Tal es el espíritu del Anticristo, el que se propaga cada vez más, el espíritu del «superhombre», el cual los hombres ya reclaman y seguirán reclamando a medida que aumente la confusión, el desorden y la perplejidad de las naciones. Éste es el hombre a quien la Palabra se refiere como “aquel inicuo... cuyo advenimiento es por obra de Satanás, con gran poder y señales y prodigios mentirosos, y con todo engaño de iniquidad para los que se pierden, por cuanto no recibieron el amor de la verdad para ser salvos” (2 Tesalonicenses 2:8-10).
Todos aquellos que rechazan el Evangelio son castigados; vienen a ser presa de esas falsas doctrinas y mentiras, porque “Dios les envía un poder engañoso, para que crean la mentira, a fin de que sean condenados todos los que no creyeron a la verdad, sino que se complacieron en la injusticia” (v. 11-12).
No nos engañemos; los pecados que separan al hombre del Dios santo no pueden ser borrados por ninguna doctrina, nueva revelación, evocación de espíritus, ni por ninguna negación incrédula.
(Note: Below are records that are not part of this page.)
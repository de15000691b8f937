ghost use Rattle.std.specs.Prelude.{◌≡◌, ◌+◌, ◌*◌, ◌^◌, ◌<◌, ◌++◌, ◌∷◌, [], length, slice_get, IfSome, OnOk, OnErr};
ghost use Rattle.mdf_data.specs.Kept.{untold};
ghost use Rattle.mdf_data.specs.Places.{steps};

use crate::listed::Listed;
use mdf_num::Memory;
use std::alloc::Global;
use std::marker::Model;

/// The places of the records of a group. Contracts see them as the list. Places at equal steps take no memory, and others 4
/// bytes each, or 8 from the first on that is not below 2^32.
#[derive(Debug, Drop)]
pub struct Places {
    even: u64,
    step: u64,
    listed: Listed,
}

impl Model for Places {
    ghost use Rattle.std.specs.Prelude.{List, ℕ, ◌++◌, ◌*◌, ◌<◌, ◌^◌};
    ghost use Rattle.mdf_data.specs.Places.{steps};

    ghost Value = { List ℕ };

    ghost view = { λ p. steps p.even p.step 0 ++ p.listed };

    ghost invariant = { λ p. (p.even < 2 ^ 62) × (p.even * p.step < 2 ^ 62) };
}

impl Places {
    /// No places. It takes no memory.
    pub fn empty(alloc: Global) -> Places
        ensures { result ≡ [] }
    {
        Places {
            even: 0,
            step: 0,
            listed: Listed::empty(alloc),
        }
    }

    /// So many places, the first at 0 and each a step behind the one before. It takes no memory.
    pub fn even(alloc: Global, count: u64, step: u64) -> Places
        requires few { count < 2 ^ 62 }
        requires small { count * step < 2 ^ 62 }
        ensures { result ≡ steps count step 0 }
    {
        Places {
            even: count,
            step,
            listed: Listed::empty(alloc),
        }
    }

    pub fn len(&self) -> u64
        ensures { result ≡ length self.now }
    {
        self.even + self.listed.len()
    }

    /// Place `i`, counted from 0. None exactly at or past the end.
    pub fn get(&self, i: u64) -> Option<u64>
        ensures { result ≡ slice_get self.now i }
    {
        if i < self.even {
            return Some(i * self.step);
        }
        self.listed.get(i - self.even)
    }

    /// The step, where all places stand at equal steps from 0 on.
    pub fn step(&self) -> Option<u64>
        ensures { IfSome result (λ step. self.now ≡ steps (length self.now) step 0) }
    {
        if self.listed.len() == 0 {
            Some(self.step)
        } else {
            None
        }
    }

    /// Adds a place at the end. After an error the places are as before.
    ///
    /// # Errors
    /// Want of memory, and 2^62 places count as it.
    pub fn push(&mut self, place: u64) -> Result<(), Memory>
        ensures ok { OnOk result (self.new ≡ self.old ++ place ∷ []) }
        ensures err { OnErr result (self.new ≡ self.old) }
    {
        self.listed.push(place)
    }

    /// Counts one place more and keeps none of them: each is told as 0. They take no memory. After an error the places are as
    /// before.
    ///
    /// # Errors
    /// 2^62 places count as want of memory.
    pub fn count(&mut self, alloc: Global) -> Result<(), Memory>
        ensures ok { OnOk result (self.new ≡ untold (length self.old + 1)) }
        ensures err { OnErr result (self.new ≡ self.old) }
    {
        let count = self.len();
        if count >= (1 << 62) - 1 {
            return Err(Memory);
        }
        *self = Places::even(alloc, count + 1, 0);
        Ok(())
    }
}
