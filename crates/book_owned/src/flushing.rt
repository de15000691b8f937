//! How the pending records of a book come into its file.
ghost use Rattle.std.specs.Prelude.{◌≡◌, ◌+◌, ◌≤◌, false, [], length, OnOk, IfErr};
ghost use Rattle.book_owned.specs.Account.{Steps};
ghost use Rattle.book_owned.specs.Answers.{FlushAnswers, MakesRoom};
ghost use Rattle.book_owned.specs.FrontHalf.{IsFront, front_account};
ghost use Rattle.book_owned.specs.Split.{AreHalves, HasFaultOf, book_of};

use crate::fault::Fault;
use crate::handing::{finish, hand_over};
use crate::in_memory::InMemory;
use crate::{Back, Flush, Handed, Shown, Written};
use mdf_disk::Disk;
use std::sync::Wait;
use std::thread::Threads;

/// Hands the pending records over to the back, and takes in what became of them.
pub(crate) fn flush<D: Disk, V: Shown, R: Threads + Wait + Sync>(
    front: &mut InMemory<V>,
    back: &mut Back<D>,
    rt: &R,
) -> Flush<V::Note>
    requires front { IsFront V.Shown front.old }
    requires halves { AreHalves D.Disk (front_account V.Shown front.old) back.old }
    ensures front { IsFront V.Shown front.new }
    ensures halves { AreHalves D.Disk (front_account V.Shown front.new) back.new }
    ensures steps { Steps (book_of D.Disk V.Shown front.old back.old) (book_of D.Disk V.Shown front.new back.new) [] }
    ensures answer { FlushAnswers D.Disk V.Shown (book_of D.Disk V.Shown front.old back.old) (book_of D.Disk V.Shown front.new back.new) result }
    ensures samples { front.old.history.spare ≤ front.new.history.spare }
    ensures marks { front.old.marks.spare ≤ front.new.marks.spare + 1 }
    ensures later { D.faults back.old.disk ≤ D.faults back.new.disk }
    ensures clock { D.moment back.old.disk ≤ D.moment back.new.disk }
{
    match hand_over(front) {
        Handed::Stopped { mark } => Flush::Stopped { mark },
        Handed::Nothing => finish(front, rt, Written::Nothing),
        Handed::Given { through, block } => {
            let written = back.write(through, block);
            finish(front, rt, written)
        }
    }
}

/// Makes room for a record of so many bytes: where it would pass the block limit, it flushes.
///
/// # Errors
/// The disk failed.
pub(crate) fn make_room<D: Disk, V: Shown, R: Threads + Wait + Sync>(
    front: &mut InMemory<V>,
    back: &mut Back<D>,
    rt: &R,
    size: u64,
) -> Result<(), Fault>
    requires front { IsFront V.Shown front.old }
    requires halves { AreHalves D.Disk (front_account V.Shown front.old) back.old }
    requires going { front.old.stopped ≡ false }
    requires small { size ≤ front.old.block.limit }
    ensures front { IsFront V.Shown front.new }
    ensures halves { AreHalves D.Disk (front_account V.Shown front.new) back.new }
    ensures steps { Steps (book_of D.Disk V.Shown front.old back.old) (book_of D.Disk V.Shown front.new back.new) [] }
    ensures going { OnOk result (front.new.stopped ≡ false) }
    ensures room { OnOk result (length front.new.block.bytes + size ≤ front.new.block.limit) }
    ensures makes { OnOk result (MakesRoom D.Disk V.Shown (book_of D.Disk V.Shown front.old back.old) (book_of D.Disk V.Shown front.new back.new) size) }
    ensures fault { IfErr result (HasFaultOf D.Disk (book_of D.Disk V.Shown front.old back.old) (book_of D.Disk V.Shown front.new back.new) size) }
    ensures samples { front.old.history.spare ≤ front.new.history.spare }
    ensures marks { front.old.marks.spare ≤ front.new.marks.spare + 1 }
    ensures later { D.faults back.old.disk ≤ D.faults back.new.disk }
    ensures clock { D.moment back.old.disk ≤ D.moment back.new.disk }
{
    if front.block.len() as u64 + size <= front.block.limit() as u64 {
        return Ok(());
    }
    match flush(front, back, rt) {
        Flush::Done { .. } => Ok(()),
        Flush::DiskFault { before, after } => Err(Fault { before, after }),
        Flush::Stopped { mark: _ } => unreachable!(),
    }
}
Son expiados únicamente por Jesucristo y por su obra cumplida.
Hoy todavía, una fe sencilla en el Hijo de Dios y en su sangre derramada en la cruz libera una conciencia cargada de sus pecados. Sólo ella sana un corazón herido, quebrantado y desamparado. Únicamente por este camino —preparado por Dios— una criatura pecadora y caída puede acercarse a Él y reconciliarse con Él. De la cruz de Cristo mana toda bendición; de ella proviene toda consolación, el perdón, la paz y la vida eterna. Multitudes han experimentado en sus corazones y en sus conciencias el poder del Evangelio por la fe y han sido salvos. Millares han andado con gozo a la muerte a causa del testimonio del Señor Jesús. Todavía hoy, este apremiante llamado se dirige a todos los hombres: «¡Venid a Jesús; encontraréis en Él la salvación, la dicha, la paz, hoy y por la eternidad!»